Per cittadinanza si intende la condizione della persona fisica alla quale vengono riconosciuti, dallo Stato, tutti i diritti civili e politici. La cittadinanza è  uno status del cittadino, dal punto di vista giuridico, ma è anche una relazione particolare fra il cittadino e lo Stato, che implica una serie di diritti-doveri.
Il concetto di cittadinanza è storicamente un concetto abbastanza recente, espressione dello Stato moderno, caratterizzato dalla sovranità e dalla territorialità. Lo Stato esercita, su un territorio ben specifico, la sua autorità e questo crea un sistema di relazioni fra colui che subisce l’autorità, il cittadino e lo Stato.
Il cittadino mantiene questo particolare  rapporto col suo Stato d’appartenenza anche quando esce al di fuori dei suoi confini, a differenza di quello che avviene invece con lo straniero, il quale ha un rapporto più o meno intenso con lo Stato limitato al periodo della sua permanenza sul territorio nazionale. Un cittadino italiano all’estero rimane legato al suo Stato di appartenenza, con diritti e doveri, tra i quali il poter continuare a votare e i doverlo fare come facente parte appunto dei suoi doveri ( leggevo proprio oggi un commento sul voto degli italiani all’estero che proponeva la possibilità di togliere il diritto del voto a chi risiede all’estero per oltre dieci anni… assurdo) ma nello stesso tempo può sentirsi culturalmente più vicino allo stato che lo ospita in quel periodo di tempo e, diciamo, acquisirne una forma indiretta di nazionalità di facto.
Ma cos’è la nazionalità? La nazionalità è l’appartenenza ad una nazione, con quel misto di sentimenti di far parte di una comunità che si identifica attraverso una lingua, una culture, a tradizioni e abitudini he la contraddistinguono, a tutto un background di riferimento che le è proprio.
Questo lo si vede in modo chiaro vivendo all’estero quando ci si ritrova ad esempio tra italiani con quei riferimenti culturali immediati, con quella facilità nel capirsi attraverso una lingua comune che non è filtrata da lingue originarie diverse.

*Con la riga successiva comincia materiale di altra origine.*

//! Implements `project` and `get_option` of the page "Reference manual": how a project begins, and what its options are.
#![tactic(auto)]

mod defaults;
mod flags;
mod option_as_value;
mod option_call;
mod option_file;
mod programs;
mod project_call;
mod resolution;
mod rows;
mod shown_options;

pub use option_call::get_option;
pub use project_call::project;
pub use rows::{get_option_row, project_row};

Però lo si può anche vedere appunto vivendo all’estero in certi modi di fare e pensare che assorbiamo, che non sono nostri ma facciamo nostri e che ci portano a rispecchiarci in una nazionalità pur non avendola legalmente. Le mie figlie nate e cresciute all’estero hanno la nazionalità italiana ma indubbiamente sono molto più vicine al modo di pensare, agire di altri paesi, quelli in cui realmente hanno vissuto, con un back ground culturale che è italiano solo in minima parte, soprattutto rapportato a quello dei loro coetanei, i riferimenti culturali della loro generazione sono più vicini a quelli americani che italiani!
La nazionalità  ha un’accezione meramente culturale, ben diversa da quella prettamente giuridica espressa dal termine cittadinanza.

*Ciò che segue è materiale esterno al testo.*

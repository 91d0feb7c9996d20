//! Defines refusals of arguments.
use support::faults::Refusal;
use thiserror::Error;

/// Holds a refusal of arguments, with its detail.
#[derive(Debug, Drop, Error)]
#[error("{refusal}{}{detail}", if .detail.is_empty() {""} else {": "})]
pub struct ArgumentError {
    pub refusal: Refusal,
    /// The message, which says what is wrong.
    pub detail: String,
}
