//! Defines rules for arguments that no row expresses, and the messages about what breaks them.
ghost use Rattle.std.specs.Prelude.{◌≡◌, IfOk, string_bytes};
ghost use Rattle.arguments.specs.Refused.{breaks, refused_data};
ghost use Rattle.arguments.specs.Rules.{breach_message, told_of};

use crate::refused::ArgumentError;
use std::alloc::{AllocError, Global};
use support::faults::Refusal;

/// Names a rule that a text or the value of a keyword may break.
#[derive(Clone, Copy)]
pub enum Rule {
    /// A text names a file in the source directory.
    NamesFile,
    /// A text names a directory in the source directory.
    NamesFolder,
    /// A name is valid for a target.
    IsTargetName,
    /// A name is valid for a file.
    IsFileName,
    /// A file is a C source or a header.
    IsSource,
    /// The target with this name has a C source.
    HasSource,
    /// A text is a valid version of a library.
    IsLibraryVersion,
    /// A name is valid for a man page.
    IsManPage,
    /// Definition files may assign the variable.
    IsSettable,
    /// A name is valid for a variable.
    IsVariableName,
    /// The program was found whose path the method with this name returns.
    HasProgram,
    /// The target has exactly one output, whose path the method with this name returns.
    HasOneOutput,
    /// A language has a compiler.
    HasCompiler,
    /// The range goes up, from a start that is not negative.
    GoesUp,
    /// A name is valid for configuration data.
    IsValueName,
    /// The name has a value that configuration data can contain.
    IsSetting,
    /// A text is a name and a value with `=` between them.
    IsAssignment,
    /// A keyword takes only libraries.
    TakesLibraries,
    /// A keyword takes only the language C.
    TakesC,
    /// A keyword takes at least one item.
    HasItems,
    /// A keyword takes exactly one output.
    TakesOneOutput,
    /// A keyword is required.
    IsNeeded,
    /// A keyword takes exactly one file.
    TakesOneFile,
    /// A keyword takes a file in the source directory, and no built file.
    TakesTreeFile,
    /// Each placeholder of a keyword has a value, and each program in it was found.
    HasMeaning,
    /// The value of a name is a text.
    TakesText,
    /// The test with this name runs a program that was found.
    RunsProgram,
    /// The test with this name runs no library.
    RunsNoLibrary,
    /// The value of a name can be printed.
    IsPrinted,
    /// The language is C.
    IsC,
    /// There is an option with this name.
    IsOption,
    /// A text names a folder below the present one.
    IsBelow,
    /// The folder was not entered before.
    IsNew,
}

impl Rule {
    // Returns what the text names, and `""` if the message does not say so.
    fn thing(self) -> &'static str
        ensures { result.now ≡ (told_of self).0 }
    {
        match self {
            Rule::TakesLibraries
            | Rule::TakesC
            | Rule::HasItems
            | Rule::TakesOneOutput
            | Rule::IsNeeded
            | Rule::TakesOneFile
            | Rule::TakesTreeFile
            | Rule::HasMeaning => "keyword ",
            Rule::IsC => "language ",
            Rule::IsOption => "option ",
            Rule::IsBelow | Rule::IsNew => "folder ",
            _ => "",
        }
    }

    // Returns what the message says about the text.
    fn words(self) -> &'static str
        ensures { result.now ≡ (told_of self).1 }
    {
        match self {
            Rule::NamesFile => "names no file of the project",
            Rule::NamesFolder => "names no folder of the project",
            Rule::IsTargetName => "is no name of a target",
            Rule::IsFileName => "is no name of a file",
            Rule::IsSource => "is no source of C",
            Rule::HasSource => "has no source of C",
            Rule::IsLibraryVersion => "is no version of a library",
            Rule::IsManPage => "is no name of a man page",
            Rule::IsSettable => "is no name that can be set",
            Rule::IsVariableName => "is no name of a variable",
            Rule::HasProgram => "needs a program that was found",
            Rule::HasOneOutput => "needs a target with one output",
            Rule::HasCompiler => "is no language that has a compiler",
            Rule::GoesUp => "needs a start from 0, a stop from the start and a step from 1",
            Rule::IsValueName => "is no name of a value",
            Rule::IsSetting => "takes a text, an integer or a truth value",
            Rule::IsAssignment => "has no '='",
            Rule::TakesLibraries => "takes libraries",
            Rule::TakesC => "takes 'c'",
            Rule::HasItems => "is empty",
            Rule::TakesOneOutput => "takes one output",
            Rule::IsNeeded => "is missing, and is needed",
            Rule::TakesOneFile => "takes one file",
            Rule::TakesTreeFile => "takes a file of the project",
            Rule::HasMeaning => "has a placeholder or a program without a value",
            Rule::TakesText => "takes a text",
            Rule::RunsProgram => "has a program that was not found",
            Rule::RunsNoLibrary => "runs a library",
            Rule::IsPrinted => "has a value that can't be printed",
            Rule::IsC => "is not C",
            Rule::IsOption => "there is none",
            Rule::IsBelow => "is none below the present one",
            Rule::IsNew => "was entered before",
        }
    }

    /// Returns the message that this text, or the keyword with this name, breaks the rule, as in `'../a.c': names no file of the project`.
    pub fn tell_breach(self, alloc: Global, text: &str) -> Result<String, AllocError>
        ensures { IfOk result (λ words. string_bytes words ≡ breach_message self text.now) }
    {
        let (thing, words) = (self.thing(), self.words());
        format!(in alloc; "{thing}'{text}': {words}")
    }

    /// Returns the refusal of arguments (E9) in which this text, or the keyword with this name, breaks the rule.
    pub fn refuse(self, alloc: Global, text: &str) -> Result<ArgumentError, AllocError>
        ensures { IfOk result (λ refused. refused_data refused ≡ breaks self text.now) }
    {
        let detail = self.tell_breach(alloc, text)?;
        Ok(ArgumentError {
            refusal: Refusal::Arguments,
            detail,
        })
    }
}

Allora vivendo all’estero come ci posizioniamo? Sono sicuramente cittadina italiana, con i diritti e doveri che ne conseguono e che mi garantiscono una forma di protezione giuridica, ma sono veramente italiana 22 anni dopo esser partita, e al di là del tifare per la nazionale italiana ogni 4 anni ai mondiali ? Non credo, sono come tutti gli expat un miscuglio di nazionalità quelle dei paesi che mi hanno accolta e pian piano portata ad essere la persona che sono.
E voi?

Una risposta a “Cittadinanza e nazionalità: riflessioni”

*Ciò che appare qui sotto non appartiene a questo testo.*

//! Chooses the programs of the machine.
ghost use Rattle.std.specs.Prelude.{◌≡◌, IfOk, codes};
ghost use Rattle.build.specs.edge.Texts.{texts};
ghost use Rattle.machine_file.specs.Questions.{Key, answer_to};
ghost use Rattle.machine_file.specs.Readers.{words_said};
ghost use Rattle.machine_file.specs.View.{machine_in, value_in};
ghost use Rattle.world.specs.Prelude.{Does};
ghost use Rattle.project_calls.specs.Programs.{program, program_by, programs};
ghost use Rattle.project_calls.specs.ProgramsView.{programs_in};

use build::edge::{copies, strings};
use machine_file::{Machine, MachineValue};
use ports::{Outputs, Tree};
use std::alloc::{AllocError, Global};
use world::{Caller, Stop};

/// Holds the programs that every build has, each as a command line of one or more arguments.
#[derive(Drop)]
pub struct Programs {
    pub compiler: Vec<String>,
    pub archiver: Vec<String>,
}

fn words_of(alloc: Global, value: &MachineValue) -> Result<Vec<String>, AllocError>
    ensures { IfOk result (λ v. texts v.items ≡ words_said (value_in value.now)) }
{
    match value {
        MachineValue::Text(text) => strings(alloc, &[text.as_str()]),
        MachineValue::Texts(items) => copies(alloc, items),
        _ => Ok(Vec::new(alloc)),
    }
}

// Returns the command of a program from `[binaries]` of the machine file, or the default as its only argument.
fn words_or(
    alloc: Global,
    machine: &Machine,
    name: &str,
    default: &str,
) -> Result<Vec<String>, AllocError>
    ensures { IfOk result (λ v. texts v.items
        ≡ program_by (answer_to (machine_in machine.now) (Key (codes "binaries") name.now)) default.now) }
{
    match machine.get("binaries", name) {
        Some(value) => words_of(alloc, value),
        None => strings(alloc, &[default]),
    }
}

// Asks the machine file for a program, and returns its command.
fn program<T: Tree, O: Outputs>(
    caller: &mut Caller<'_, T, O>,
    name: &str,
    default: &str,
) -> Result<Vec<String>, Stop>
    ensures { Does T.seen O.seen (λ v. texts v.items) (program name.now default.now) caller.old result caller.new }
{
    caller.ask_key("binaries", name)?;
    let words = words_or(caller.alloc, caller.store.machine(), name, default)?;
    Ok(words)
}

/// Returns the compiler and the archiver, after asking the machine file for one and then the other.
pub fn ask_programs<T: Tree, O: Outputs>(caller: &mut Caller<'_, T, O>) -> Result<Programs, Stop>
    ensures { Does T.seen O.seen programs_in programs caller.old result caller.new }
{
    let compiler = program(caller, "c", "cc")?;
    let archiver = program(caller, "ar", "ar")?;
    Ok(Programs { compiler, archiver })
}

  1. Anche io sono all'estero da più di 20 anni. Mio marito dal 1975 ed ora che di anni ne ha 68 ne compie quasi 45 fuori dal Belpaese. Oltre 50 Paesi dove ha vissuto e lavorato in ambito industriale, tante lingue, usanze, amicizie, esperienze … ma in fondo in fondo esultiamo ancora quando gli Azzurri vincono una partita di calcio, ci sentiamo felici davanti ad una buona pizza e ci emozioniamo come bambini prima di ogni rientro “a casa”, in Italia. Io credo che sì, abbiamo qualcosa dentro che nonostante tutto ci fa ancora tremare la voce cantando Fratelli d'Italia 😊. Buona Festa della Repubblica!